RECORD EXCERPTS Start Marker

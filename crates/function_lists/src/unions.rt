// Unions and intersections.
ghost use Rattle.std.specs.Prelude.{◌≡◌, ◌≤◌, ◌++◌, ◌∷◌, [], ◌&&◌, bytes_eq, map, option_map, IfOk, OnOk};
ghost use Rattle.std.specs.Prelude.{if◌then◌else◌};
ghost use Rattle.std.specs.List.{list_any, list_all, filter};
ghost use Rattle.arm_value.specs.Json.{object, pairs, IsInOrder};
ghost use Rattle.arm_value.specs.Same.{is_same};
ghost use Rattle.arm_value.specs.View.{json, member};
ghost use Rattle.function_lists.specs.Merge.{from, without_first, united_to};
ghost use Rattle.function_lists.specs.Members as row;
ghost use Rattle.function_lists.specs.Members.{under, united, united_all, union_by, is_member_of};
ghost use Rattle.function_lists.specs.Members.{intersection_with};
ghost use Rattle.arm_value.specs.Kinds.{is_object};

use crate::items::{intersection_of_arrays, union_of_arrays};
use crate::merge::{all_in_object, compare, move_below, push_named, take_object};
use crate::values::object_of;
use arm_value::{Field, Fields, OutOfMemory, Value};
use function_numbers::kinds::members_of;
use std::alloc::Global;
use std::collections::VecDeque;

// The members of both, of which those of the second win.
//
// The members of both are in the order of their names, so that one pass unites them.
#[cycle(union)]
fn united(alloc: Global, first: Fields, second: &Fields) -> Result<Fields, OutOfMemory>
    ensures { IfOk result (λ fields. fields ≡ united first (pairs second.now)) }
{
    let depth = first.depth();
    prove!(depth <= 119);
    let mut rest = VecDeque::from_vec(first.into_vec(alloc));
    let mut members = Vec::new(alloc);
    for field in second.as_slice() {
        add_united(alloc, &mut rest, &mut members, field)?;
    }
    all_in_object(alloc, rest, members)
}

// Moves the members whose names come before that of the field, and adds a member of its name: its
// value, united with the object that the first has there.
#[cycle(union)]
fn add_united(
    alloc: Global,
    rest: &mut VecDeque<Field>,
    members: &mut Vec<Field>,
    field: &Field,
) -> Result<(), OutOfMemory>
    ensures members { OnOk result (map member members.new.items
        ≡ map member members.old.items ++ united_to field.now.name (json field.now.value) (map member rest.old.items)) }
    ensures rest { OnOk result (map member rest.new.items
        ≡ without_first field.now.name (from field.now.name (map member rest.old.items))) }
{
    move_below(rest, members, &field.name)?;
    let value = under(alloc, take_object(rest, &field.name), &field.value)?;
    push_named(alloc, members, &field.name, value)
}

// A copy of the value, after the drop of another one.
fn copy_after<T: Drop>(alloc: Global, dropped: T, value: &Value) -> Result<Value, OutOfMemory>
    ensures { IfOk result (λ copy. json copy ≡ json value.now) }
{
    drop(dropped);
    value.copy(alloc)
}

// Two objects are united; else the second value wins.
#[cycle(union)]
fn under(alloc: Global, first: Option<Fields>, second: &Value) -> Result<Value, OutOfMemory>
    ensures { IfOk result (λ value. json value ≡ under first (json second.now)) }
{
    match first {
        Some(old) => match second {
            Value::Object(new) => Ok(Value::Object(united(alloc, old, new)?)),
            _ => copy_after(alloc, old, second),
        },
        None => second.copy(alloc),
    }
}

fn united_all(
    alloc: Global,
    first: &Fields,
    others: &[Value],
) -> Result<Option<Fields>, OutOfMemory>
    ensures { IfOk result (λ fields. fields ≡ united_all first.now (map json others.now)) }
{
    let mut all = first.copy(alloc)?;
    for other in others {
        match members_of(other) {
            Some(fields) => all = united(alloc, all, fields)?,
            None => return Ok(None),
        }
    }
    Ok(Some(all))
}

fn union_of_objects(
    alloc: Global,
    first: &Fields,
    others: &[Value],
) -> Result<Option<Value>, OutOfMemory>
    ensures { IfOk result (λ value. option_map json value
        ≡ option_map (λ ms. object (pairs ms)) (united_all first.now (map json others.now))) }
{
    match united_all(alloc, first, others)? {
        Some(fields) => Ok(Some(Value::Object(fields))),
        None => Ok(None),
    }
}

// The union of objects where there are a first one's members, else of arrays.
fn union_by(
    alloc: Global,
    first: Option<&Fields>,
    others: &[Value],
    args: &[Value],
) -> Result<Option<Value>, OutOfMemory>
    ensures { IfOk result (λ value. option_map json value
        ≡ union_by (option_map (λ f. f.now) first.entry) (map json others.now) (map json args.now)) }
{
    match first {
        Some(fields) => union_of_objects(alloc, fields, others),
        None => union_of_arrays(alloc, args),
    }
}

/// `union`: of arrays their items in the order of their first appearance, equal ones once; of
/// objects their members, of which the later win, and two objects under one name are united alike.
pub fn union(alloc: Global, args: &[Value]) -> Result<Option<Value>, OutOfMemory>
    ensures { IfOk result (λ value. option_map json value ≡ row.union (map json args.now)) }
{
    match args {
        [first, others @ ..] => union_by(alloc, members_of(first), others, args),
        [] => Ok(None),
    }
}

fn is_object(value: &Value) -> bool
    ensures { result ≡ is_object (json value.now) }
{
    match value {
        Value::Object(_) => true,
        _ => false,
    }
}

fn are_objects(values: &[Value]) -> bool
    ensures { result ≡ list_all is_object (map json values.now) }
{
    for value in values {
        if !is_object(value) {
            return false;
        }
    }
    true
}

// Whether one of these, which are in the order of their names, has the name and an equal value.
fn has_field(fields: &[Field], field: &Field) -> bool
    requires { IsInOrder (map member fields.now) }
    ensures { result ≡ list_any (λ n. bytes_eq field.now.name n.0 && is_same (json field.now.value) n.1)
        (map member fields.now) }
{
    match fields.binary_search_by(|other| compare(other, &field.name)) {
        Ok(place) => field.value.same(&fields[place].value),
        Err(_) => false,
    }
}

#[tactic(auto, using(function_numbers::proofs::RowLemmas::members_of_pairs))]
fn is_member_of(field: &Field, object: &Value) -> bool
    ensures { result ≡ is_member_of (member field.now) (json object.now) }
{
    match object {
        Value::Object(fields) => has_field(fields.as_slice(), field),
        _ => false,
    }
}

fn is_in_all(field: &Field, objects: &[Value]) -> bool
    ensures { result ≡ list_all (is_member_of (member field.now)) (map json objects.now) }
{
    for object in objects {
        if !is_member_of(field, object) {
            return false;
        }
    }
    true
}

// Puts a copy of the member last, where it passes.
fn add_passing(
    alloc: Global,
    all: &mut Vec<Field>,
    field: &Field,
    passes: bool,
) -> Result<(), OutOfMemory>
    ensures { OnOk result (map member all.new.items
        ≡ (if passes then map member all.old.items ++ member field.now ∷ [] else map member all.old.items)) }
{
    if passes {
        let name = field.name.copy(alloc)?;
        let value = field.value.copy(alloc)?;
        all.push(Field { name, value })?;
    }
    Ok(())
}

// Copies of the members that are equal in all these objects.
fn common(alloc: Global, fields: &[Field], objects: &[Value]) -> Result<Vec<Field>, OutOfMemory>
    ensures { IfOk result (λ all. map member all.items
        ≡ filter (λ m. list_all (is_member_of m) (map json objects.now)) (map member fields.now)) }
{
    let mut all = Vec::new(alloc);
    for field in fields {
        add_passing(alloc, &mut all, field, is_in_all(field, objects))?;
    }
    Ok(all)
}

fn intersection_of_objects(
    alloc: Global,
    fields: &Fields,
    others: &[Value],
) -> Result<Option<Value>, OutOfMemory>
    ensures { IfOk result (λ value. option_map json value
        ≡ row.intersection_of_objects fields.now (map json others.now)) }
{
    if !are_objects(others) {
        return Ok(None);
    }
    let all = common(alloc, fields.as_slice(), others)?;
    object_of(alloc, all)
}

#[tactic(auto, using(function_numbers::proofs::RowLemmas::rows_and_pairs))]
fn intersection_with(
    alloc: Global,
    first: &Value,
    others: &[Value],
) -> Result<Option<Value>, OutOfMemory>
    ensures { IfOk result (λ value. option_map json value ≡ intersection_with (json first.now) (map json others.now)) }
{
    match first {
        Value::Array(items) => intersection_of_arrays(alloc, items.as_slice(), others),
        Value::Object(fields) => intersection_of_objects(alloc, fields, others),
        _ => Ok(None),
    }
}

/// `intersection`: of arrays the items of the first that are in all others, equal ones once; of
/// objects the members that are equal in all.
pub fn intersection(alloc: Global, args: &[Value]) -> Result<Option<Value>, OutOfMemory>
    ensures { IfOk result (λ value. option_map json value ≡ row.intersection (map json args.now)) }
{
    match args {
        [first, others @ ..] => intersection_with(alloc, first, others),
        [] => Ok(None),
    }
}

RECORD EXCERPTS End Marker

- TASK BRIEF
What is needed is each line of the entries that contains the word "RowLemmas".

- YOUR SOLUTION
#[tactic(auto, using(function_numbers::proofs::RowLemmas::members_of_pairs))]
#[tactic(auto, using(function_numbers::proofs::RowLemmas::rows_and_pairs))]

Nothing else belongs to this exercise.